The main contributions of this paper are summarized as below.

1.

A two-phase joint resource allocation and network coding transmission protocol is presented to minimize the total transmission completion time for two-way relay flows. To do so, we formulate an optimization problem by jointly taking the resource allocation and flow’s fairness into account under individual power constraints.
2.

Since the optimization problem is too difficult to solve, we decompose it into two subproblems corresponding to the two correlated transmission phases. Moreover, we design suboptimal algorithms with low complexity for the two subproblems, where in the source phase, the subcarriers of the system are firstly assigned to the two sources and then the sources transmit their information to the relay simultaneously over their assigned subchannels under their individual power constraint. In the relay phase, the subcarriers are firstly assigned to two types of flows, i.e., the network coded (NC) and uncoded (UC) flows, and then the relay broadcasts the NC flow to the two sources and unicasts the UC flow to the corresponding target source node concurrently over their assigned subchannels under the relay’s power constraint.
3.

We consider the end-to-end transmission performance in a systematic view by combining the solutions in the source phase and relay phase together. Simulation results show that our proposed scheme achieves less than 1.06 times the minimal total transmission completion time achieved by exhaustive search for two-way relay OFDM systems and also outperforms non-network coding schemes with a very high probability (over 90%). Besides, the distribution regions of the performance gain are also discussed by simulations, which may give some insights in the application of network coding in OFDM systems.

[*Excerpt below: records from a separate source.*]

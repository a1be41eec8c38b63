//! Transfers that are weighed.

ghost use Rattle.std.specs.Prelude.{◌≡◌, ◌<◌, ◌+◌, ◌^◌, Some, None, length, option_map, IfOk, false};
ghost use Rattle.std.specs.Option.{option_map_or};
ghost use Rattle.dz_zonemd.specs.Acceptance.{accepts};
ghost use Rattle.std.specs.Arc.{arc_value};
ghost use Rattle.dz_take.specs.Outcome.{outcome};
ghost use Rattle.dz_take.specs.Taken.{meaning_of};
ghost use Rattle.dz_take.specs.Transfer.{up_to_date, new};
ghost use Rattle.dz_zonemd.specs.Standing.{standing};
ghost use Rattle.dz_history.specs.State.{policy_at, held_at};
ghost use Rattle.dz_history.specs.After.{step, aftermath_of};
ghost use Rattle.dz_job.specs.Job.{JobOf, transfer_for};
ghost use Rattle.dz_job.specs.Job.{serial_in};
ghost use Rattle.dz_fleet.specs.Core.{Core, state_of, ended_of, entry_for, is_accepted, tsig_of, verdict_of};
ghost use Rattle.dz_fleet.specs.Values.{values_after};
ghost use Rattle.dz_fleet.specs.Weighing.{Fits, is_taken, written};
ghost use Rattle.dz_fleet.specs.Sound.{IsFlying};
ghost use Rattle.dz_fleet.specs.inner.Judging.{Stands};
ghost use Rattle.dz_fleet.specs.inner.Relisting.{IsListed};
ghost use Rattle.dz_fleet.specs.inner.Renewing.{renewed_by, written_by, IsMade, IsMadeBy};

use crate::fleet::Fleet;
use crate::waiting::waiting_after;
use crate::weighed::{Renewal, Weighed};
use dz_history::{Aftermath, Entry, Holdings, Taken};
use dz_job::{Job, Verdict};
use dz_name::{Name, Octets};
use dz_settings::Policy;
use dz_take::{Finished, Outcome, TakeFault};
use dz_tsig::{TsigFault, check_stream, request_mac};
use dz_zone::Version;
use dz_zonemd::{Standing, accepts};
use std::alloc::{AllocError, Global};
use std::sync::Arc;

impl Fleet {
    /// Weighs what came of a job that ended at a moment, in seconds below 2^40: its verdict, and all the memory that
    /// its taking needs.
    ///
    /// # Errors
    ///
    /// `AllocError` where memory runs out.
    pub fn weigh(
        &self,
        alloc: Global,
        job: &Job,
        finished: Finished,
        now: u64,
    ) -> Result<Weighed, AllocError>
        requires flying { IsFlying self.now job.now }
        requires transfer { finished.transfer ≡ transfer_for job.now }
        requires moment { now < 2 ^ 40 }
        ensures fits { IfOk result (λ w. Fits self.now job.now w) }
        ensures entry { IfOk result (λ w. w.entry ≡ entry_for job.now finished.octets) }
        ensures moment { IfOk result (λ w. w.moment ≡ now) }
        ensures step { IfOk result (λ w. w.is_there ≡ is_taken w.verdict) }
    {
        let (verdict, renewal) = self.judge(alloc, job, &finished)?;
        let entry = entry_for(job, finished.into_octets());
        Weighed::new(entry, now, verdict, renewal)
    }

    /// The verdict, and what holds afterwards. `AllocError` where memory runs out.
    fn judge(
        &self,
        alloc: Global,
        job: &Job,
        finished: &Finished,
    ) -> Result<(Verdict, Renewal), AllocError>
        requires flying { IsFlying self.now job.now }
        requires transfer { finished.now.transfer ≡ transfer_for job.now }
        ensures verdict { IfOk result (λ r. r.0 ≡ verdict_of self.now job.now finished.now.octets) }
        ensures made { IfOk result
            (λ r. IsMadeBy self.now job.now finished.now.octets r.0 r.1) }
    {
        match self.ended_of(job) {
            Some(position) => Ok((Verdict::Stale(position), Renewal::Same)),
            None => self.judge_standing(alloc, job, finished),
        }
    }

    /// The verdict, and what holds afterwards, for a job whose incarnation is current. `AllocError` where memory runs
    /// out.
    fn judge_standing(
        &self,
        alloc: Global,
        job: &Job,
        finished: &Finished,
    ) -> Result<(Verdict, Renewal), AllocError>
        requires flying { IsFlying self.now job.now }
        requires standing { ended_of self.now job.now ≡ None }
        requires transfer { finished.now.transfer ≡ transfer_for job.now }
        ensures verdict { IfOk result (λ r. r.0 ≡ verdict_of self.now job.now finished.now.octets) }
        ensures made { IfOk result
            (λ r. IsMadeBy self.now job.now finished.now.octets r.0 r.1) }
    {
        match finished.outcome() {
            Outcome::Refused(fault) => Ok((Verdict::Refused(*fault), Renewal::Same)),
            Outcome::UpToDate => self.judge_otherwise(alloc, job, finished),
            Outcome::New(_) => self.judge_otherwise(alloc, job, finished),
        }
    }

    /// The same for a transfer that isn't refused for its own sake. `AllocError` where memory runs out.
    fn judge_otherwise(
        &self,
        alloc: Global,
        job: &Job,
        finished: &Finished,
    ) -> Result<(Verdict, Renewal), AllocError>
        requires flying { IsFlying self.now job.now }
        requires standing { ended_of self.now job.now ≡ None }
        requires transfer { finished.now.transfer ≡ transfer_for job.now }
        requires comes { Stands (outcome finished.now.transfer finished.now.octets) }
        ensures verdict { IfOk result (λ r. r.0 ≡ verdict_of self.now job.now finished.now.octets) }
        ensures made { IfOk result
            (λ r. IsMadeBy self.now job.now finished.now.octets r.0 r.1) }
    {
        match self.tsig_fault(alloc, job, finished)? {
            Some(fault) => Ok((Verdict::Refused(TakeFault::Tsig(fault)), Renewal::Same)),
            None => self.judge_signed(alloc, job, finished),
        }
    }

    /// The same for a transfer that is signed where it has to be. `AllocError` where memory runs out.
    fn judge_signed(
        &self,
        alloc: Global,
        job: &Job,
        finished: &Finished,
    ) -> Result<(Verdict, Renewal), AllocError>
        requires flying { IsFlying self.now job.now }
        requires standing { ended_of self.now job.now ≡ None }
        requires transfer { finished.now.transfer ≡ transfer_for job.now }
        requires comes { Stands (outcome finished.now.transfer finished.now.octets) }
        requires signed { tsig_of self.now job.now finished.now.octets ≡ None }
        ensures verdict { IfOk result (λ r. r.0 ≡ verdict_of self.now job.now finished.now.octets) }
        ensures made { IfOk result
            (λ r. IsMadeBy self.now job.now finished.now.octets r.0 r.1) }
    {
        match finished.outcome() {
            Outcome::Refused(_) => unreachable!(),
            Outcome::UpToDate => self.judge_same(alloc, job, finished),
            Outcome::New(version) => self.judge_new(alloc, job, finished, version),
        }
    }

    /// What is wrong with the signatures of a transfer, where the zone's catalog has a key. `AllocError` where memory
    /// runs out.
    fn tsig_fault(
        &self,
        alloc: Global,
        job: &Job,
        finished: &Finished,
    ) -> Result<Option<TsigFault>, AllocError>
        requires transfer { finished.now.transfer ≡ transfer_for job.now }
        ensures { IfOk result (λ f. f ≡ tsig_of self.now job.now finished.now.octets) }
    {
        match self.holdings.key(job.zone()) {
            None => Ok(None),
            Some(key) => {
                let query = job.query(alloc)?;
                let mac = request_mac(key, query.as_slice(), job.moment());
                let octets = finished.octets().as_slice();
                match check_stream(key, &mac, octets, job.moment()) {
                    Ok(()) => Ok(None),
                    Err(fault) => Ok(Some(fault)),
                }
            }
        }
    }

    /// The same where the version that is held is the primary's. `AllocError` where memory runs out.
    fn judge_same(
        &self,
        alloc: Global,
        job: &Job,
        finished: &Finished,
    ) -> Result<(Verdict, Renewal), AllocError>
        requires flying { IsFlying self.now job.now }
        requires standing { ended_of self.now job.now ≡ None }
        requires transfer { finished.now.transfer ≡ transfer_for job.now }
        requires same { outcome finished.now.transfer finished.now.octets ≡ up_to_date }
        requires signed { tsig_of self.now job.now finished.now.octets ≡ None }
        ensures verdict { IfOk result (λ r. r.0 ≡ verdict_of self.now job.now finished.now.octets) }
        ensures made { IfOk result
            (λ r. IsMadeBy self.now job.now finished.now.octets r.0 r.1) }
    {
        let (_, renewal) = self.take(alloc, job, finished)?;
        let verdict = Verdict::Confirmed {
            position: self.holdings.count(),
            serial: serial_of(job.held()),
        };
        Ok((verdict, renewal))
    }

    /// The same for a new version. `AllocError` where memory runs out.
    fn judge_new(
        &self,
        alloc: Global,
        job: &Job,
        finished: &Finished,
        version: &Version,
    ) -> Result<(Verdict, Renewal), AllocError>
        requires flying { IsFlying self.now job.now }
        requires standing { ended_of self.now job.now ≡ None }
        requires transfer { finished.now.transfer ≡ transfer_for job.now }
        requires new { outcome finished.now.transfer finished.now.octets ≡ new version.now }
        requires signed { tsig_of self.now job.now finished.now.octets ≡ None }
        ensures verdict { IfOk result (λ r. r.0 ≡ verdict_of self.now job.now finished.now.octets) }
        ensures made { IfOk result
            (λ r. IsMadeBy self.now job.now finished.now.octets r.0 r.1) }
    {
        if !self.approves(job.zone(), finished, version) {
            let standing = standing_of(finished, version);
            return Ok((Verdict::PolicyRefused(standing), Renewal::Same));
        }
        let (aftermath, renewal) = self.take(alloc, job, finished)?;
        let verdict = Verdict::Published {
            position: self.holdings.count(),
            serial: version.soa().serial,
            aftermath,
        };
        Ok((verdict, renewal))
    }

    /// Whether the policy of a zone accepts a new version. One that accepts whatever the ZONEMD records say doesn't ask
    /// what they say.
    fn approves(&self, zone: &Name, finished: &Finished, version: &Version) -> bool
        requires { outcome finished.now.transfer finished.now.octets ≡ new version.now }
        ensures { result ≡ is_accepted (policy_at (state_of self.now) zone.now) version.now }
    {
        match self.holdings.policy(zone) {
            None => false,
            Some(Policy::Off) => true,
            Some(policy) => accepts(policy, standing_of(finished, version)),
        }
    }

    /// What holds after a transfer that is taken, and what it changes beyond its own zone. `AllocError` where memory
    /// runs out.
    fn take(
        &self,
        alloc: Global,
        job: &Job,
        finished: &Finished,
    ) -> Result<(Aftermath, Renewal), AllocError>
        requires flying { IsFlying self.now job.now }
        requires standing { ended_of self.now job.now ≡ None }
        requires transfer { finished.now.transfer ≡ transfer_for job.now }
        ensures aftermath { IfOk result
            (λ r. r.0 ≡ aftermath_of (state_of self.now) job.now.flight.zone
            (outcome finished.now.transfer finished.now.octets)) }
        ensures made { IfOk result (λ r. IsMade self.now job.now finished.now.octets r.0 r.1) }
    {
        let (holdings, aftermath) = self.holdings.take(alloc, finished, job.moment())?;
        let renewal = self.renewal(alloc, holdings, &aftermath)?;
        Ok((aftermath, renewal))
    }

    /// Other holdings, and what their zones wait for where a listing was processed. `AllocError` where memory runs out.
    fn renewal(
        &self,
        alloc: Global,
        holdings: Holdings,
        aftermath: &Aftermath,
    ) -> Result<Renewal, AllocError>
        requires { IsListed (state_of self.now) holdings aftermath.now }
        ensures renewed { IfOk result (λ r. renewed_by r ≡ Some record { state = holdings }) }
        ensures values { IfOk result (λ r. written self.now.values (written_by r)
            ≡ values_after (state_of self.now) self.now.values aftermath.now
            holdings.fold.members) }
    {
        match aftermath {
            Aftermath::Member => Ok(Renewal::Taken(holdings)),
            Aftermath::Broken(_) => Ok(Renewal::Taken(holdings)),
            Aftermath::Changes(changes) => {
                let (before, schedule) = (&self.holdings, &self.schedule);
                let waiting = waiting_after(alloc, before, schedule, &holdings, changes)?;
                Ok(Renewal::Relisted(holdings, waiting))
            }
        }
    }
}

/// The entry of a job with these octets.
fn entry_for(job: &Job, octets: Octets) -> Entry
    ensures { result ≡ entry_for job.now octets }
{
    Entry::Transfer(Taken {
        zone: *job.zone(),
        incarnation: job.incarnation(),
        ask: job.ask(),
        id: job.id(),
        octets,
        moment: job.moment(),
    })
}

/// The serial of a version that is held.
fn serial_of(held: Option<&Arc<Version>>) -> u32
    ensures { result ≡ serial_in (option_map (λ r. r.now.value) held.entry) }
{
    match held {
        None => 0,
        Some(version) => version.soa().serial,
    }
}

/// What the ZONEMD records of a new version say of it.
fn standing_of(finished: &Finished, version: &Version) -> Standing
    requires { outcome finished.now.transfer finished.now.octets ≡ new version.now }
    ensures { result ≡ standing version.now.apex version.now.records }
{
    match finished.standing() {
        Some(standing) => standing,
        None => unreachable!(),
    }
}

The rest of this paper is organized as follows: Section 2 describes the system model and the proposed transmission protocol. Section 3 formulates an optimization problem on the basis of the proposed protocol and then decomposes the optimization problem into two subproblems. Section 4 analyzes the subproblems by using convex optimization methods and then gives low-complexity suboptimal algorithms that separate subcarrier assignment and power allocation for solving them. The performance of the proposed scheme is evaluated and compared by simulations in Section 5, and finally, Section 6 concludes this paper.

2 System model

Consider a two-way relay network shown in Fig. 1, where two sources, A and B, exchange information via relay R. Half-duplex constraint is assumed, which means each node is not allowed to transmit and receive simultaneously. If DNC is employed in such networks, a minimum of two phases are required to complete a round of two-way transmission. In the source phase, A and B transit their data to R, and in the relay phase, R combines the received data by some coding operations, e.g., bitwise XOR, and then broadcasts the coded data to A and B. Since A and B know their own transmitted data, they can decode and recover the desired information based on received signal. Ideally, if A and B transmit an equal amount of data to R in the source phase, all data received at R can be XORed and then broadcasted to A and B in the relay phase. In most practical cases, however, two sources may transmit unequal amount of data to each other over the same time period. In these cases, one may apply a buffer at R to temporarily hold arriving data from one source and wait for data from the other source before XOR and broadcasting operation. Such approach may introduce excessive delay, which may not be acceptable to delay-sensitive applications. We assume in this work that all the data generated by two-way relay flows in a certain short time period must be completely exchanged within a round of two-way transmission. That is to say, all the data received at R in the source phase must be forwarded in the relay phase, and thus, no data can be saved at R after a round of transmission.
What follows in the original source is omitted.